Collected data entries:
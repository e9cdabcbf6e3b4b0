ghost use Rattle.std.specs.Prelude.{◌≡◌, true, map};
ghost use Rattle.evaluation_laws.specs.Literals.{HasStorableTexts};
ghost use Rattle.program_texts.specs.Stored.{all_true, is_stored, is_template_stored, is_item_stored, is_value_stored, is_conjunct_stored, is_root_stored, is_domain_stored, is_relation_stored, is_query_stored};

use crate::expressions::{stored_expression, stored_expressions};
use qv_syntax::{Conj, Dom, Item, ItemValue, Program, Query, Rel, Tmpl};

#[cycle(templates)]
fn stored_value(value: &ItemValue)
    ensures { is_value_stored value.now ≡ true }
{
    match value {
        ItemValue::Null => {}
        ItemValue::Expr { value } => stored_expression(value),
        ItemValue::Nested { template } => stored_template(template),
    }
}

#[cycle(templates)]
fn stored_items(items: &[Item])
    ensures { all_true (map is_item_stored items.now) ≡ true }
{
    for item in items {
        stored_value(&item.value);
    }
}

#[cycle(templates)]
fn stored_template(t: &Tmpl)
    ensures { is_template_stored t.now ≡ true }
{
    stored_items(t.items.as_slice())
}

fn stored_conjunct(c: &Conj)
    ensures { is_conjunct_stored c.now ≡ true }
{
    match c {
        Conj::Cond(e) => stored_expression(e),
        Conj::Equation(_, e) => stored_expression(e),
        Conj::Call(_, args) => stored_expressions(args.as_slice()),
    }
}

fn stored_clause(clause: &[Conj])
    ensures { all_true (map is_conjunct_stored clause.now) ≡ true }
{
    for c in clause {
        stored_conjunct(c);
    }
}

fn stored_domain(dom: &Dom)
    ensures { is_domain_stored dom.now ≡ true }
{
    match &dom.template {
        None => {}
        Some(t) => stored_template(t),
    }
}

fn stored_domains(domains: &[Dom])
    ensures { all_true (map is_domain_stored domains.now) ≡ true }
{
    for dom in domains {
        stored_domain(dom);
    }
}

fn stored_relation(rel: &Rel)
    ensures { is_relation_stored rel.now ≡ true }
{
    stored_clause(rel.whens.as_slice());
    stored_clause(rel.wheres.as_slice());
    stored_domains(rel.domains.as_slice());
}

fn stored_relations(rels: &[Rel])
    ensures { all_true (map is_relation_stored rels.now) ≡ true }
{
    for rel in rels {
        stored_relation(rel);
    }
}

fn stored_queries(queries: &[Query])
    ensures { all_true (map is_query_stored queries.now) ≡ true }
{
    for query in queries {
        stored_expression(&query.body);
    }
}

/// The string literals of a program hold storable characters, in time linear in the program: each literal is asked once.
pub fn texts_are_storable(program: &Program)
    ensures { HasStorableTexts program.now }
{
    stored_queries(program.queries.as_slice());
    stored_relations(program.rels.as_slice());
}
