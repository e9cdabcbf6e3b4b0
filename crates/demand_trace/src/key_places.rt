//! The keys of the target's classes, to be looked up.
ghost use Rattle.std.specs.Prelude.{◌≡◌, ◌<◌, List, None, length, replicate, Contains, IfOk};
ghost use Rattle.mof_metamodel.specs.Metamodels.{class_count};
ghost use Rattle.qv_syntax.specs.declared.program.Key.{Key};
ghost use Rattle.repair_semantics.specs.TargetItems.{target_meta_number};
ghost use Rattle.demand_trace.specs.Naming.{with_first, with_key, with_keys, HasPlace, AreKeyPlaces};

use mof_metamodel::{MetaModel, NoMemory};
use qv_syntax::{Key, Program};
use std::alloc::Global;

/// Gives the class a place, if it has none yet.
fn put_first(class: u32, place: usize, table: &mut [Option<usize>])
    requires { class < length table.old }
    ensures { table.new ≡ with_first class place table.old }
{
    if table[class as usize].is_some() {
        return;
    }
    table[class as usize] = Some(place);
}

/// Gives the class of a key its place, if the key is one of the metamodel of this number.
fn put_key(number: u32, place: usize, key: &Key, table: &mut [Option<usize>])
    requires { HasPlace number (length table.old) key.now }
    ensures { table.new ≡ with_key number place key.now table.old }
{
    if key.meta == number {
        put_first(key.class.0, place, table);
    }
}

/// The same of all keys.
fn put_keys(number: u32, keys: &[Key], table: &mut [Option<usize>])
    requires { (key : Key) → Contains keys.now key → HasPlace number (length table.old) key }
    ensures { table.new ≡ with_keys number 0 keys.now table.old }
{
    for place in 0..keys.len() {
        put_key(number, place, &keys[place], table);
    }
}

/// No place, for each of so many classes.
fn no_places(alloc: Global, count: u32) -> Result<Vec<Option<usize>>, NoMemory>
    ensures { IfOk result (λ table. table.items ≡ replicate count None) }
{
    let mut table = Vec::new(alloc);
    for _i in 0..count {
        table.push(None)?;
    }
    Ok(table)
}

/// The number of the metamodel of the target model.
fn target_number(program: &Program) -> u32
    ensures { result ≡ target_meta_number program.now }
{
    match program.models.as_slice().get(program.target as usize) {
        Some(slot) => slot.meta,
        None => 0,
    }
}

/// For each class of the target's metamodel the place of its key among the keys of the program.
pub(crate) fn key_places(
    alloc: Global,
    program: &Program,
    target: &MetaModel,
) -> Result<Vec<Option<usize>>, NoMemory>
    requires { (key : Key) → Contains program.now.keys key → HasPlace (target_meta_number program.now) (class_count target.now) key }
    ensures { IfOk result (λ table. AreKeyPlaces program.now table.items) }
{
    let mut table = no_places(alloc, target.class_count())?;
    put_keys(
        target_number(program),
        program.keys.as_slice(),
        table.as_mut_slice(),
    );
    Ok(table)
}
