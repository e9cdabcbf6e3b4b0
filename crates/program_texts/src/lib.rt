//! The string literals of a program hold storable characters. Each literal keeps it by its type, which a contract on trees doesn't see; a walk over the
//! program learns it of each, in time linear in the program, and changes nothing.
#![tactic(auto)]

mod expressions;
mod programs;

pub use programs::texts_are_storable;
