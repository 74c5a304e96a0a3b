// Many blocks, with the published masks and the same tables.
ghost use Rattle.std.specs.Prelude.{true, ◌≡◌, ◌*◌, ◌<◌, length};
ghost use Rattle.aes.specs.Reply.{scheduled};
ghost use Rattle.aes.specs.State.{at};
ghost use Rattle.masks.specs.Mask.{in_row, published, one};
ghost use Rattle.lent.specs.Started.{offsets_of};
ghost use Rattle.starts.specs.Each.{in_turn};

use caller::Caller;
use lent::given::Block;
use lent::tables::{Encryption, Schedule};
use masks::label::Label;
use runs::run::unrecorded;

// One block after the other, each from its own label on, to its place in the output: by its number, since of what is written through the
// chunks of a slice a proof knows no bytes.
pub fn each(schedule: &[u8], input: &[u8], output: &mut [u8], offsets: &[u8], t: &Encryption)
    requires { (scheduled (length schedule.now) ≡ true) × (length input.now ≡ 16 * length offsets.now) × (length output.old ≡ 16 * length offsets.now) × (t.now.laid.masks.bytes ≡ published) × (offsets_of t.now.laid.masks ≡ one 0) }
    ensures { output.new ≡ in_row (in_turn schedule.now input.now offsets.now t.now.laid.masks.step) (length offsets.now) }
{
    let w = Schedule::lent(Caller {}, schedule);
    for k in 0..offsets.len() {
        let a = 16 * k;
        let e = a + 16;
        unrecorded(
            Block::lent(Caller {}, &input[a..e]),
            &w,
            t,
            Label::make(offset(offsets, k)),
            &mut output[a..e],
        );
    }
}

// The offset of a block. It is read by a function of its own, which is lent no block: what handles one reads no byte (tools/steps).
fn offset(offsets: &[u8], k: usize) -> u8
    requires { k < length offsets.now }
    ensures { result ≡ at offsets.now k }
{
    offsets[k]
}
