// Masked runs from a start, over what is stored for the published masks or what is worked out for lent ones.
#![tactic(auto)]

mod given;
mod many;
mod published;

pub use given::{decrypted, decryption_recorded, encrypted, recorded};
pub use many::each;
pub use published::{sealed, unsealed};
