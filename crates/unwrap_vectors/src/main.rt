// Runs the vectors of standard input on the calls that unwrap, by the plain engine and by the masked one at every offset, and prints
// how many of each source were run and how many differ. A damaged wrapped key must be refused.
#![tactic(auto)]

mod table;

use aes::reply::Refusal;
use lines::counts::Counts;
use lines::source::Source;
use table::Row;
use wrap_lines::trial::{Engine, Trial};

fn main(rt: HostRuntime) {
    lines::program::run(&rt, table::TITLE, &table::ROWS, one_line);
}

fn one_line(source: Source, line: &[u8], _below: &[u8], counts: &mut Counts) -> Option<()> {
    let (trial, plain, masked) = match source {
        Source::RfcWrap => (Trial::unwrapped(line)?, Row::PlainRfc, Row::MaskedRfc),
        Source::NistWrap => (Trial::unwrapped(line)?, Row::PlainNist, Row::MaskedNist),
        Source::DamagedWrap => (Trial::damaged(line)?, Row::PlainDamaged, Row::MaskedDamaged),
        _ => return None,
    };
    let (by_plain, by_masked) = trial.run(unwrapped);
    counts.add(plain as usize, by_plain);
    counts.add(masked as usize, by_masked);
    Some(())
}

fn unwrapped(
    engine: Engine,
    schedule: &[u8],
    wrapped: &[u8],
    room: &mut [u8],
) -> Result<(), Refusal> {
    match engine {
        Engine::Plain => wrap::unwrap(schedule, wrapped, room),
        Engine::Masked(offset) => wrap::unwrap_masked(schedule, wrapped, room, offset),
    }
}
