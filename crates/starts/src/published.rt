// With the published masks. What is stored of them is with step 1, and at the offsets of 0.
ghost use Rattle.std.specs.Prelude.{true, ◌≡◌, length};
ghost use Rattle.aes.specs.Key.{rounds_of};
ghost use Rattle.aes.specs.Reply.{scheduled};
ghost use Rattle.masks.specs.Mask.{published};
ghost use Rattle.lent.specs.Started.{record_of};
ghost use Rattle.runs.specs.Run.{masked_cipher};
ghost use Rattle.runs.specs.Back.{masked_inv_cipher};

use caller::Caller;
use lent::given::{Block, Masks, Start};
use lent::tables::Schedule;
use masks::places::first_places;
use runs::{back, run};
use stores::boxes::boxes;
use stores::constants;
use stores::inverse::inverse_boxes;

// The finished block of an encryption, and of a decryption: two functions, since tools/steps sees by the functions alone that neither comes
// to what is stored for the other.
pub fn sealed(schedule: &[u8], input: &[u8], output: &mut [u8], step: u8, start: Start)
    requires { (scheduled (length schedule.now) ≡ true) × (length input.now ≡ 16) × (length output.old ≡ 16) }
    ensures { output.new ≡ masked_cipher (rounds_of schedule.now) published (record_of start) step schedule.now input.now }
{
    let masks = Masks::published(Caller {}, step, start);
    let mut boxes = boxes();
    masks.stepped(&mut boxes);
    let mut places = first_places();
    let mut covers = constants::covers();
    let mut compensations = constants::compensations();
    let t = masks.encryption(&boxes, &mut places, &mut covers, &mut compensations);
    let block = Block::lent(Caller {}, input);
    let w = Schedule::lent(Caller {}, schedule);
    run::unrecorded(block, &w, &t, masks.first(), output);
}

pub fn unsealed(schedule: &[u8], input: &[u8], output: &mut [u8], step: u8, start: Start)
    requires { (scheduled (length schedule.now) ≡ true) × (length input.now ≡ 16) × (length output.old ≡ 16) }
    ensures { output.new ≡ masked_inv_cipher (rounds_of schedule.now) published (record_of start) step schedule.now input.now }
{
    let masks = Masks::published(Caller {}, step, start);
    let mut boxes = inverse_boxes();
    masks.inverse_stepped(&mut boxes);
    let mut places = first_places();
    let mut covers = constants::covers();
    let mut rows = constants::after_rows();
    let mut columns = constants::after_columns();
    let t = masks.decryption(&boxes, &mut places, &mut covers, &mut rows, &mut columns);
    let block = Block::lent(Caller {}, input);
    let w = Schedule::lent(Caller {}, schedule);
    back::opened(block, &w, &t, masks.first(), output);
}
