// With sixteen lent masks, whose tables are worked out before the block is read. Each way, recorded or not, has a function of its own, in
// which tools/steps sees what it comes to; and each fills its tables where they stand, by which tools/memory knows them.
ghost use Rattle.std.specs.Prelude.{true, ◌≡◌, ◌+◌, ◌*◌, length};
ghost use Rattle.aes.specs.Key.{rounds_of};
ghost use Rattle.aes.specs.Reply.{scheduled};
ghost use Rattle.aes.specs.Record.{bytes};
ghost use Rattle.lent.specs.Started.{record_of};
ghost use Rattle.runs.specs.Run.{masked_cipher, masked_record};
ghost use Rattle.runs.specs.Back.{masked_inv_cipher, masked_back_record};

use caller::Caller;
use lent::given::{Block, Masks, Start};
use lent::tables::Schedule;
use masks::constants::Kind;
use masks::places::first_places;
use runs::{back, run};

// The finished block, and the states.
pub fn encrypted(
    schedule: &[u8],
    input: &[u8],
    output: &mut [u8],
    masks: &[u8],
    step: u8,
    start: Start,
)
    requires { (scheduled (length schedule.now) ≡ true) × (length input.now ≡ 16) × (length output.old ≡ 16) × (length masks.now ≡ 16) }
    ensures { output.new ≡ masked_cipher (rounds_of schedule.now) masks.now (record_of start) step schedule.now input.now }
{
    let masks = Masks::lent(Caller {}, masks, step, start);
    let mut boxes = [0u8; 4096];
    masks.boxes(&mut boxes);
    let mut places = first_places();
    let mut covers = [0u8; 256];
    masks.first_covers(&mut covers);
    let mut compensations = [0u8; 256];
    masks.first_constants(Kind::Compensation, &mut compensations);
    let t = masks.encryption(&boxes, &mut places, &mut covers, &mut compensations);
    let block = Block::lent(Caller {}, input);
    let w = Schedule::lent(Caller {}, schedule);
    run::unrecorded(block, &w, &t, masks.first(), output);
}

pub fn recorded(
    schedule: &[u8],
    input: &[u8],
    states: &mut [u8],
    masks: &[u8],
    step: u8,
    start: Start,
)
    requires { (scheduled (length schedule.now) ≡ true) × (length input.now ≡ 16) × (length states.old ≡ 80 * rounds_of schedule.now + 16) × (length masks.now ≡ 16) }
    ensures { states.new ≡ bytes (masked_record (rounds_of schedule.now) masks.now (record_of start) step schedule.now input.now) }
{
    let masks = Masks::lent(Caller {}, masks, step, start);
    let mut boxes = [0u8; 4096];
    masks.boxes(&mut boxes);
    let mut places = first_places();
    let mut covers = [0u8; 256];
    masks.first_covers(&mut covers);
    let mut compensations = [0u8; 256];
    masks.first_constants(Kind::Compensation, &mut compensations);
    let t = masks.encryption(&boxes, &mut places, &mut covers, &mut compensations);
    let block = Block::lent(Caller {}, input);
    let w = Schedule::lent(Caller {}, schedule);
    run::recorded(block, &w, &t, masks.first(), states);
}

// The same of a decryption.
pub fn decrypted(
    schedule: &[u8],
    input: &[u8],
    output: &mut [u8],
    masks: &[u8],
    step: u8,
    start: Start,
)
    requires { (scheduled (length schedule.now) ≡ true) × (length input.now ≡ 16) × (length output.old ≡ 16) × (length masks.now ≡ 16) }
    ensures { output.new ≡ masked_inv_cipher (rounds_of schedule.now) masks.now (record_of start) step schedule.now input.now }
{
    let masks = Masks::lent(Caller {}, masks, step, start);
    let mut boxes = [0u8; 4096];
    masks.inverse_boxes(&mut boxes);
    let mut places = first_places();
    let mut covers = [0u8; 256];
    masks.first_covers(&mut covers);
    let mut rows = [0u8; 256];
    masks.first_constants(Kind::AfterRows, &mut rows);
    let mut columns = [0u8; 256];
    masks.first_constants(Kind::AfterColumns, &mut columns);
    let t = masks.decryption(&boxes, &mut places, &mut covers, &mut rows, &mut columns);
    let block = Block::lent(Caller {}, input);
    let w = Schedule::lent(Caller {}, schedule);
    back::opened(block, &w, &t, masks.first(), output);
}

pub fn decryption_recorded(
    schedule: &[u8],
    input: &[u8],
    states: &mut [u8],
    masks: &[u8],
    step: u8,
    start: Start,
)
    requires { (scheduled (length schedule.now) ≡ true) × (length input.now ≡ 16) × (length states.old ≡ 96 * rounds_of schedule.now + 16) × (length masks.now ≡ 16) }
    ensures { states.new ≡ bytes (masked_back_record (rounds_of schedule.now) masks.now (record_of start) step schedule.now input.now) }
{
    let masks = Masks::lent(Caller {}, masks, step, start);
    let mut boxes = [0u8; 4096];
    masks.inverse_boxes(&mut boxes);
    let mut places = first_places();
    let mut covers = [0u8; 256];
    masks.first_covers(&mut covers);
    let mut rows = [0u8; 256];
    masks.first_constants(Kind::AfterRows, &mut rows);
    let mut columns = [0u8; 256];
    masks.first_constants(Kind::AfterColumns, &mut columns);
    let t = masks.decryption(&boxes, &mut places, &mut covers, &mut rows, &mut columns);
    let block = Block::lent(Caller {}, input);
    let w = Schedule::lent(Caller {}, schedule);
    back::opened_recorded(block, &w, &t, masks.first(), states);
}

Instructions to follow
A copy of each line in the data above that holds the string "unwrapped" is needed.

Solved problem
        Source::RfcWrap => (Trial::unwrapped(line)?, Row::PlainRfc, Row::MaskedRfc),
        Source::NistWrap => (Trial::unwrapped(line)?, Row::PlainNist, Row::MaskedNist),
    let (by_plain, by_masked) = trial.run(unwrapped);
fn unwrapped(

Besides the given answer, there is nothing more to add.